Angka itu meningkat 16,16 persen secara tahunan (year-on-year) dibandingkan Agustus 2024 yang sebesar US$589,23 juta.
Statistisi Ahli Madya BPS Lampung, Nila Fridhowati, menjelaskan secara kumulatif (c-to-c), nilai ekspor dari Januari hingga Agustus 2025 mencapai US$4,28 miliar.
Angka tersebut tumbuh signifikan sebesar 29,65 persen dibandingkan periode yang sama tahun 2024, yang tercatat US$3,30 miliar.
BACA JUGA:Tarik Saldo DANA Kaget Sore Ini, Aktifkan Cuan Lewat Akun Dompet Digital
“Kenaikan ekspor ini masih ditopang oleh tiga komoditas utama,” ujar Nila dalam keterangan persnya, Rabu, 1 Oktober 2025.
Tiga sektor penyumbang terbesar ekspor Lampung sepanjang Januari–Agustus 2025 adalah lemak dan minyak hewan/nabati sebesar US$1.820,31 juta atau 42,51 persen.
Kemudian, ekspor kopi, teh, dan rempah-rempah mencapai US$1.037,67 juta atau 24,23 persen, dan bahan bakar mineral sebesar US$489,34 juta atau 11,43 persen.

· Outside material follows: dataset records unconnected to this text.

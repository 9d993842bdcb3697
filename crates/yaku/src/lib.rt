// The tallies of a reading and their han (yaku.rs of agari: detect_yaku_with_context).
#![tactic(auto)]

ghost use Rattle.std.specs.Prelude.{◌≡◌, false, cond, ◌++◌, map, ◌*◌, ◌≤◌, replicate};
ghost use Rattle.lists.specs.Fold.{one};
ghost use Rattle.structure.specs.Structure.{reading_of};
ghost use Rattle.meld_yaku.specs.Standard.{of_standard};
ghost use Rattle.yaku.specs.Tally.{is_chiitoitsu, unless_orphans, orphans_won, one_han, more_han, yakuman, is_yakuman, ordinary, tallies};
ghost use Rattle.yaku.specs.Han.{han_of, dot, han};

pub mod names;

// What is found of a reading: a tally for each yaku, their han, and whether there is a yakuman among them.
#[derive(Clone, Copy)]
pub struct YakuResult {
    pub tallies: [u8; 47],
    pub han: u8,
    pub is_yakuman: bool,
}

// Is it seven pairs?
fn is_chiitoitsu(h: structure::HandStructure) -> bool
    ensures { result ≡ is_chiitoitsu (reading_of h) }
{
    let structure::HandStructure::Chiitoitsu { pairs: _ } = h else {
        return false;
    };
    true
}

// The answer to a question of the tiles; no for thirteen orphans.
fn unless_orphans(q: bool, h: structure::HandStructure) -> bool
    ensures { result ≡ unless_orphans q (reading_of h) }
{
    match h {
        structure::HandStructure::Standard { pair: _, melds: _ } => q,
        structure::HandStructure::Chiitoitsu { pairs: _ } => q,
        structure::HandStructure::Kokushi { pair: _ } => false,
    }
}

// The answer to a question of the tiles; no unless they are a pair and four melds.
fn if_standard(q: bool, h: structure::HandStructure) -> bool
    ensures { result ≡ of_standard (λ p ms. q) (reading_of h) }
{
    let structure::HandStructure::Standard { pair: _, melds: _ } = h else {
        return false;
    };
    q
}

// Are they thirteen orphans, won on the doubled tile (`doubled` yes) or on another one (no)?
fn orphans_won(h: structure::HandStructure, w: context::GameContext, doubled: bool) -> bool
    ensures { result ≡ orphans_won w doubled (reading_of h) }
{
    let structure::HandStructure::Kokushi { pair } = h else {
        return false;
    };
    (w.winning_tile == pair.0) == doubled
}

// The tallies of one han, Riichi to HouteiRaoyui.
fn one_han(
    h: structure::HandStructure,
    s: tile_yaku::TileYaku,
    w: context::GameContext,
    opened: bool,
) -> [u8; 17]
    ensures { result ≡ one_han w opened s (reading_of h) }
{
    let tsumo = w.is_tsumo();
    let riichi = w.is_riichi & !opened;
    let rinshan = w.is_rinshan & tsumo;
    let honors = honor_yaku::check_all_yakuhai(h, w);
    [
        u8::from(riichi & !w.is_double_riichi),
        u8::from(riichi & (w.is_ippatsu & !rinshan)),
        u8::from(tsumo & !opened),
        u8::from(unless_orphans(s.tanyao, h)),
        u8::from(wait::is_pinfu(h, w, opened)),
        u8::from(sequence_yaku::check_iipeikou(h, opened)),
        honors.east,
        honors.south,
        honors.west,
        honors.north,
        honors.white,
        honors.green,
        honors.red,
        u8::from(rinshan),
        u8::from(w.is_chankan & !tsumo),
        u8::from(w.is_last_tile & (tsumo & !w.is_rinshan)),
        u8::from(w.is_last_tile & !tsumo),
    ]
}

// The tallies of more han, DoubleRiichi to Chinitsu.
fn more_han(
    h: structure::HandStructure,
    s: tile_yaku::TileYaku,
    w: context::GameContext,
    opened: bool,
) -> [u8; 15]
    ensures { result ≡ more_han w opened s (reading_of h) }
{
    let sets = set_yaku::check_sets(h, w);
    [
        u8::from((w.is_riichi & !opened) & w.is_double_riichi),
        u8::from(sets.toitoi),
        u8::from(sequence_yaku::check_sanshoku(h)),
        u8::from(sets.sanshoku_doukou),
        u8::from(sequence_yaku::check_ittsu(h)),
        u8::from(is_chiitoitsu(h)),
        u8::from(end_yaku::check_chanta(h)),
        u8::from(sets.sanankou),
        u8::from(sets.sankantsu),
        u8::from(unless_orphans(s.honroutou, h)),
        u8::from(honor_yaku::check_shousangen(h)),
        u8::from(unless_orphans(s.honitsu, h)),
        u8::from(end_yaku::check_junchan(h)),
        u8::from(sequence_yaku::check_ryanpeikou(h, opened)),
        u8::from(unless_orphans(s.chinitsu, h)),
    ]
}

// May there be a yakuman? It takes a first draw, rare tiles, thirteen orphans, or three triplets or kans.
fn may_be_yakuman(
    h: structure::HandStructure,
    s: tile_yaku::TileYaku,
    w: context::GameContext,
    opened: bool,
) -> bool
    ensures { result ≡ false → is_yakuman w opened s (reading_of h) ≡ false }
{
    let tiles = (s.tsuuiisou | s.chinroutou) | (s.ryuuiisou | (!opened & s.nine_gates));
    let orphans = orphans_won(h, w, true) | orphans_won(h, w, false);
    (w.is_tenhou | w.is_chiihou) | (tiles | (orphans | set_yaku::has_three_sets(h)))
}

// The tallies of yakuman, Tenhou to JunseiChuurenPoutou.
fn yakuman_tallies(
    h: structure::HandStructure,
    s: tile_yaku::TileYaku,
    w: context::GameContext,
    opened: bool,
) -> [u8; 15]
    ensures { result ≡ map one (yakuman w opened s (reading_of h)) }
{
    if !may_be_yakuman(h, s, w, opened) {
        return [0; 15];
    }
    let tsumo = w.is_tsumo();
    let dealer = w.is_dealer();
    [
        u8::from(w.is_tenhou & (tsumo & (!opened & dealer))),
        u8::from(w.is_chiihou & (tsumo & (!opened & !dealer))),
        u8::from(orphans_won(h, w, false)),
        u8::from(set_yaku::check_suuankou(h, w, false)),
        u8::from(honor_yaku::check_daisangen(h)),
        u8::from(honor_yaku::check_shousuushii(h)),
        u8::from(honor_yaku::check_daisuushii(h)),
        u8::from(unless_orphans(s.tsuuiisou, h)),
        u8::from(unless_orphans(s.chinroutou, h)),
        u8::from(if_standard(s.ryuuiisou, h)),
        u8::from(if_standard(!opened & (s.nine_gates & !s.pure_wait), h)),
        u8::from(set_yaku::check_kantsu(h, 4)),
        u8::from(orphans_won(h, w, true)),
        u8::from(set_yaku::check_suuankou(h, w, true)),
        u8::from(if_standard(!opened & (s.nine_gates & s.pure_wait), h)),
    ]
}

// All tallies, from those of yakuman: a yakuman leaves every other yaku out.
fn all_tallies(
    h: structure::HandStructure,
    s: tile_yaku::TileYaku,
    w: context::GameContext,
    opened: bool,
    yakuman: [u8; 15],
    is_yakuman: bool,
) -> [u8; 47]
    ensures { result ≡ cond is_yakuman (replicate 32 0) (ordinary w opened s (reading_of h)) ++ yakuman }
{
    let mut all = [0u8; 47];
    lists::put_all(&mut all, 32, &yakuman);
    if is_yakuman {
        return all;
    }
    let one_han = one_han(h, s, w, opened);
    let more_han = more_han(h, s, w, opened);
    lists::put_all(&mut all, 0, &one_han);
    lists::put_all(&mut all, 17, &more_han);
    all
}

// The han of each entry of the tallies in a closed hand.
const HAN_CLOSED: [u8; 47] = [
    1, // Riichi
    1, // Ippatsu
    1, // MenzenTsumo
    1, // Tanyao
    1, // Pinfu
    1, // Iipeikou
    1, // Yakuhai(East)
    1, // Yakuhai(South)
    1, // Yakuhai(West)
    1, // Yakuhai(North)
    1, // Yakuhai(White)
    1, // Yakuhai(Green)
    1, // Yakuhai(Red)
    1, // RinshanKaihou
    1, // Chankan
    1, // HaiteiRaoyue
    1, // HouteiRaoyui
    2, // DoubleRiichi
    2, // Toitoi
    2, // SanshokuDoujun
    2, // SanshokuDoukou
    2, // Ittsu
    2, // Chiitoitsu
    2, // Chanta
    2, // SanAnkou
    2, // SanKantsu
    2, // Honroutou
    2, // Shousangen
    3, // Honitsu
    3, // Junchan
    3, // Ryanpeikou
    6, // Chinitsu
    13, // Tenhou
    13, // Chiihou
    13, // KokushiMusou
    13, // Suuankou
    13, // Daisangen
    13, // Shousuushii
    26, // Daisuushii
    13, // Tsuuiisou
    13, // Chinroutou
    13, // Ryuuiisou
    13, // ChuurenPoutou
    13, // SuuKantsu
    26, // Kokushi13Wait
    26, // SuuankouTanki
    26, // JunseiChuurenPoutou
];

// The han of each entry of the tallies in an open hand; 0 where the yaku needs a closed one.
const HAN_OPEN: [u8; 47] = [
    0, // Riichi
    0, // Ippatsu
    0, // MenzenTsumo
    1, // Tanyao
    0, // Pinfu
    0, // Iipeikou
    1, // Yakuhai(East)
    1, // Yakuhai(South)
    1, // Yakuhai(West)
    1, // Yakuhai(North)
    1, // Yakuhai(White)
    1, // Yakuhai(Green)
    1, // Yakuhai(Red)
    1, // RinshanKaihou
    1, // Chankan
    1, // HaiteiRaoyue
    1, // HouteiRaoyui
    0, // DoubleRiichi
    2, // Toitoi
    1, // SanshokuDoujun
    2, // SanshokuDoukou
    1, // Ittsu
    2, // Chiitoitsu
    1, // Chanta
    2, // SanAnkou
    2, // SanKantsu
    2, // Honroutou
    2, // Shousangen
    2, // Honitsu
    2, // Junchan
    0, // Ryanpeikou
    5, // Chinitsu
    0, // Tenhou
    0, // Chiihou
    0, // KokushiMusou
    0, // Suuankou
    13, // Daisangen
    13, // Shousuushii
    26, // Daisuushii
    13, // Tsuuiisou
    13, // Chinroutou
    13, // Ryuuiisou
    0, // ChuurenPoutou
    13, // SuuKantsu
    0, // Kokushi13Wait
    0, // SuuankouTanki
    0, // JunseiChuurenPoutou
];

// The han of each entry of the tallies.
fn han_table(opened: bool) -> [u8; 47]
    ensures { result ≡ han_of opened }
{
    if opened {
        return HAN_OPEN;
    }
    HAN_CLOSED
}

// A value as often as its tally says.
fn times(value: u8, tally: u8) -> u32
    ensures { (result ≡ value * tally) × (result ≤ 65025) }
{
    u32::from(value) * u32::from(tally)
}

// The sum of each value as often as its tally says.
fn sum_of(values: [u8; 47], tallies: [u8; 47]) -> u32
    ensures { result ≡ dot values tallies }
{
    let mut han = 0;
    for i in 0..47 {
        han += times(values[i], tallies[i]);
    }
    han
}

// What is found of a reading.
pub fn detect_yaku_with_context(
    h: structure::HandStructure,
    s: tile_yaku::TileYaku,
    w: context::GameContext,
    opened: bool,
) -> YakuResult
    ensures { (result.tallies ≡ tallies w opened s (reading_of h)) × ((result.han ≡ han w opened s (reading_of h)) × (result.is_yakuman ≡ is_yakuman w opened s (reading_of h))) }
{
    let yakuman = yakuman_tallies(h, s, w, opened);
    let is_yakuman = lists::any_above_zero(&yakuman);
    let tallies = all_tallies(h, s, w, opened, yakuman, is_yakuman);
    let han = sum_of(han_table(opened), tallies);
    YakuResult {
        tallies: tallies,
        han: han as u8,
        is_yakuman: is_yakuman,
    }
}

Adapun tiga negara tujuan ekspor terbesar pada periode yang sama adalah Amerika Serikat US$641,76 juta (14,99 persen), Pakistan US$423,16 juta (9,88 persen), dan India US$395,51 juta (9,24 persen).
BACA JUGA:Sprinter AT, Motor Listrik Murah Dengan Tampilan Klasik ala Vespa
Di sisi lain, nilai impor Provinsi Lampung pada Agustus 2025 mencapai US$222,35 juta.
Angka ini naik drastis 130,41 persen (y-on-y) dibanding Agustus 2024 yang hanya US$96,50 juta.
Namun secara kumulatif, nilai impor Januari–Agustus 2025 tercatat US$1,506 miliar, atau turun tipis 0,03 persen dibanding periode yang sama tahun lalu sebesar US$1,507 miliar.
Negara asal impor terbesar Lampung sepanjang tahun berjalan didominasi oleh komoditas energi dan peternakan, antara lain Nigeria US$354,00 juta (23,49 persen) — komoditas utama Bahan Bakar Mineral.
BACA JUGA:Itel S26 Ultra Resmi Hadir di Indonesia, Segini Harganya
Selain itu, Angola US$213,34 juta (14,16 persen) — komoditas utama Bahan Bakar Mineral, dan Australia US$163,43 juta (10,85 persen) — komoditas utama Binatang Hidup.
Dengan nilai ekspor US$684,46 juta dan impor US$222,35 juta pada Agustus 2025, Lampung mencatatkan surplus neraca perdagangan sebesar US$462,11 juta.
“Dengan neraca dagang yang kembali mencatatkan surplus, ini menunjukkan kinerja perdagangan luar negeri Lampung masih berada pada tren positif,” tutup Nila.